Regulations such as Part L of the Building Regulations and tools such as BREEAM and LEED focus attention on energy efficiency and sustainable design, while other drivers including the Carbon Reduction Commitment encourage major energy users to seek ways to remain below set energy consumption thresholds.

Not surprisingly, the majority of new build and major refurbishment projects now include some level of lighting control while organisations seeking to reduce overheads and energy consumption are retrofitting controls to existing installations. The result is that, in general, lighting is being controlled more effectively in many more buildings. However, there is still a long way to go, and the latest lighting management systems offer much more in terms of efficiency and sustainability.

Lighting management systems enhance energy efficiency through presence detection, absence detection and daylight-linking, yet savings can be greatly increased through integrated control of other energy-consuming devices such as HVAC. Lighting management sensors can relate heating/cooling temperature bands to occupancy so that unoccupied areas operate under a wider band conserving 4% energy for every temperature degree saved. High-speed, open protocol technologies, such as Lon or IP, not only achieve savings through integration, but also cost and material savings through shared network cabling and infrastructure. 

Dimming enables savings to be achieved efficiently yet subtly through daylight-harvesting and the ability to optimise lighting levels to maximise energy efficiency: however there is more that can be done here too. For instance, most DALI systems will still use residual power when on standby – so selecting a latest zero-power DALI system will give even greater energy savings.
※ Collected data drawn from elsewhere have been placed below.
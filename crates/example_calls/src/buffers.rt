//! `PyBuffer`, `VecBuffer`, and bytes that are borrowed for a call.
use crate::telling::{Told, equal, same, tells};
use crate::values::{bytes, int, none};
use pybuf::{
    Answer, ArgBytesLike, ArgMemoryBuffer, BufferDescriptor, DimList, ExporterKind, Fault,
    PyBuffer, PyByteArray, PyMemoryView, SnapList, Subject, Text, VecBuffer, try_rw_bytes_like,
};
use std::alloc::Global;
use std::test::Fail;

#[test]
fn a_buffer_lends_the_bytes_of_a_view(rt: HostRuntime) -> Result<(), Fail> {
    let alloc = rt.alloc();
    let mut copied = Vec::new(alloc);
    let mut array = PyByteArray::from_slice(alloc, b"abc")?;
    tells(&rt, array.as_buffer(none(alloc)), Told::View(0));
    let buffer = PyBuffer::of(0);
    let state = array.state_mut();
    assert!(rt; buffer.is_live(state));
    let lent = buffer.as_contiguous(state).unwrap_or(b"".as_slice());
    same(&rt, lent, b"abc");
    buffer.append_uncounted(state, &mut copied)?;
    same(&rt, copied.as_slice(), b"abc");
    Ok(())
}

#[test]
fn a_field_behind_a_header_is_written(rt: HostRuntime) -> Result<(), Fail> {
    let alloc = rt.alloc();
    let mut array = PyByteArray::from_slice(alloc, b"HD\x01\x05\0\x02\x06\0")?;
    let state = array.state_mut();
    let format = Text::from_str(alloc, "<H")?;
    let dims = DimList::from_slice(alloc, &[(2, 3, 0)])?;
    let descriptor = BufferDescriptor::raw(4, false, 2, format, dims);
    let numbers = PyBuffer::new(alloc, state, descriptor, 3).done()?;
    PyMemoryView::of(numbers.number()).set(state, 1, 258)?;
    same(&rt, state.bytes(), b"HD\x01\x05\0\x02\x02\x01");
    Ok(())
}

/// Lends a vector's bytes, and tries to take them out before and after the loan ends.
fn lend_and_take(alloc: Global, bytes: &[u8]) -> Result<(Option<Fault>, Vec<u8>), Fail> {
    let mut vector = VecBuffer::from(alloc, Vec::from_slice(alloc, bytes)?);
    let lent = vector.into_pybuffer(false)?;
    let refused = vector.take().err();
    lent.release(vector.state_mut());
    if vector.state().kind() != (ExporterKind::Vector { readonly: false }) {
        return Ok((refused, Vec::new(alloc)));
    }
    let taken = vector.take().unwrap_or(Vec::new(alloc));
    Ok((refused, taken))
}

#[test]
fn bytes_are_lent_and_borrowed(rt: HostRuntime) -> Result<(), Fail> {
    let alloc = rt.alloc();
    let (refused, taken) = lend_and_take(alloc, b"abc")?;
    equal(&rt, refused, Some(Fault::Buffer));
    same(&rt, taken.as_slice(), b"abc");
    let lender = SnapList::new(alloc);
    let value = bytes(alloc, b"abc")?;
    match ArgBytesLike::try_from_value(&value, &lender) {
        Ok(argument) => same(&rt, argument.borrow_buf(), b"abc"),
        Err(_) => assert!(rt; false),
    }
    let mut array = PyByteArray::from_slice(alloc, b"abcdef")?;
    tells(&rt, array.range(int(1), int(4), none(alloc)), Told::View(0));
    let state = array.state_mut();
    let turned = try_rw_bytes_like(state, Subject::View(0), |bytes| bytes.reverse());
    equal(&rt, turned, Ok(()));
    same(&rt, state.bytes(), b"adcbef");
    let refused = ArgMemoryBuffer::try_from_subject(state, Subject::View(1)).err();
    equal(&rt, refused, Some(Fault::UnknownName));
    Ok(())
}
Of course, being green and environmentally friendly is not only about energy efficiency but also about the life cycle carbon equation and total lifetime environmental impact of a project. 

One aspect of improved control is that the running hours of lamps are reduced, so that lamps last longer and need less frequent replacement. However these benefits are not realised if lamps are changed in bulk on the basis of average lamp life. So it’s worth considering the introduction of hour-run measurement, which identifies the optimum time for individual lamp replacement. This approach reduces maintenance costs, as well as the financial and environmental costs of lamp disposal.

Another consideration is that of embodied energy. One issue that relates to many speculative developments, especially in the current climate, is that the developer will want to keep the initial capital outlay as low as possible, often opting for controls that meet the minimum requirements of the Building Regulations. Unfortunately, this arrangement may not meet the requirements of incoming tenants, who may discard the shell and core controls and replace them with a more functional system. Clearly, this represents significant wastage of raw materials, all of which have embedded carbon, quite apart from the cost implications.

So what is needed is a flexible design approach that helps developers let their space and enables building occupiers to quickly and easily fine-tune their lighting to changing circumstances. The ideal situation is a modular and scalable system that meets the requirements of Building Regulations as standard but also has the inherent flexibility to be quickly, easily and cost-effectively upgraded to a more powerful system should the need or desire arise.   

The key factor is that specifiers are aware of the possibilities and take advantage of the opportunity to build in the maximum amount of flexibility from the beginning of the project. Such an approach will ensure that not only are the control systems designed for the near future but will also be able to continue to address the occupier’s needs through the life of the building.